Nothing but a number is expected: the count of lines in the data below that include "Whole".
Data supplied section start
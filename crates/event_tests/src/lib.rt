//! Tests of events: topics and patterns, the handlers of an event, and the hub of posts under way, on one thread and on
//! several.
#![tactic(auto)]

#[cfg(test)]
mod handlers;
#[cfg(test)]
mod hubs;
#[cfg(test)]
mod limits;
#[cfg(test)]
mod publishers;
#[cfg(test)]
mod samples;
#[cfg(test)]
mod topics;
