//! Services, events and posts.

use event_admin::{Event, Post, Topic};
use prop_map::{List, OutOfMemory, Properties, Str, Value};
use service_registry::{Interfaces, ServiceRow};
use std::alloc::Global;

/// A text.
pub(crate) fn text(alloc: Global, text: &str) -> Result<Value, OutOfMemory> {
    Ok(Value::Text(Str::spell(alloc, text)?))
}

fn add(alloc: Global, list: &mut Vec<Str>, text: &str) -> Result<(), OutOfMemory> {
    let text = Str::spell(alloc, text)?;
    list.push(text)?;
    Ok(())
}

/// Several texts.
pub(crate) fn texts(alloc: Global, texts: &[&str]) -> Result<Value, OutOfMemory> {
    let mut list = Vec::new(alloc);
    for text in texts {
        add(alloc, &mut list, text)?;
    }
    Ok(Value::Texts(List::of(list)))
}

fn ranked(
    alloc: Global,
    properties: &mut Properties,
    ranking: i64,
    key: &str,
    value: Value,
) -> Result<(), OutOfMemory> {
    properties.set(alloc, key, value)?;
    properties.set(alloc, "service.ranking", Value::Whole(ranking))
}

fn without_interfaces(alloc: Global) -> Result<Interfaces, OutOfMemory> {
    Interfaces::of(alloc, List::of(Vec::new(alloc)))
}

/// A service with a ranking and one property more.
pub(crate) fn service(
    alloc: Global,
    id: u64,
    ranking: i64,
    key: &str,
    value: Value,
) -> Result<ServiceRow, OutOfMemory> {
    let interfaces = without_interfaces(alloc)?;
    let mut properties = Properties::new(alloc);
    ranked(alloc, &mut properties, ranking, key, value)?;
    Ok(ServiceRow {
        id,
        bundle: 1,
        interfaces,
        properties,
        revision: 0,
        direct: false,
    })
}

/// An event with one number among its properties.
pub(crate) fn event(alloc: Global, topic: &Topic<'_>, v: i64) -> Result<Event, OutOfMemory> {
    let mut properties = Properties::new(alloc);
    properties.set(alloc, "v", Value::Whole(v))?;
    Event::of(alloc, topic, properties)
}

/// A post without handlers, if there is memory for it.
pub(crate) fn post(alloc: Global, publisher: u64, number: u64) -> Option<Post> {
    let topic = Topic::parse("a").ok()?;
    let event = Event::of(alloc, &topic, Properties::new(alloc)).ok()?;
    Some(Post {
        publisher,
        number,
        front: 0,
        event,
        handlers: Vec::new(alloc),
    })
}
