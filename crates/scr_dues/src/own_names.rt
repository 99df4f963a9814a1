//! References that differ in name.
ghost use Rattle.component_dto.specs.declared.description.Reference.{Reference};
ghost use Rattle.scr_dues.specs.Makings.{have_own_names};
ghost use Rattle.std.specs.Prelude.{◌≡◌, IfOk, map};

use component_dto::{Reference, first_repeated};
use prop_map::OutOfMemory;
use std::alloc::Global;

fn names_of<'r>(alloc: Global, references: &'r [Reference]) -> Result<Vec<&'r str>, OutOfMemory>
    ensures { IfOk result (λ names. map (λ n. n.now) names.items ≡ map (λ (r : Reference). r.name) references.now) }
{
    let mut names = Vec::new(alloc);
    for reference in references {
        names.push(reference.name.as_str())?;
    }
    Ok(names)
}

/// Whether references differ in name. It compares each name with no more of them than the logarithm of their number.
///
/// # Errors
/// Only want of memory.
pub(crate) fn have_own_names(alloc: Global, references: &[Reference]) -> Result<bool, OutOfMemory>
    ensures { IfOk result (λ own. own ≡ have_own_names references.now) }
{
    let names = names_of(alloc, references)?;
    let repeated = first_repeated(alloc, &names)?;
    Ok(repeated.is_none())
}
Data supplied section end
▶ [Response to this task]:
2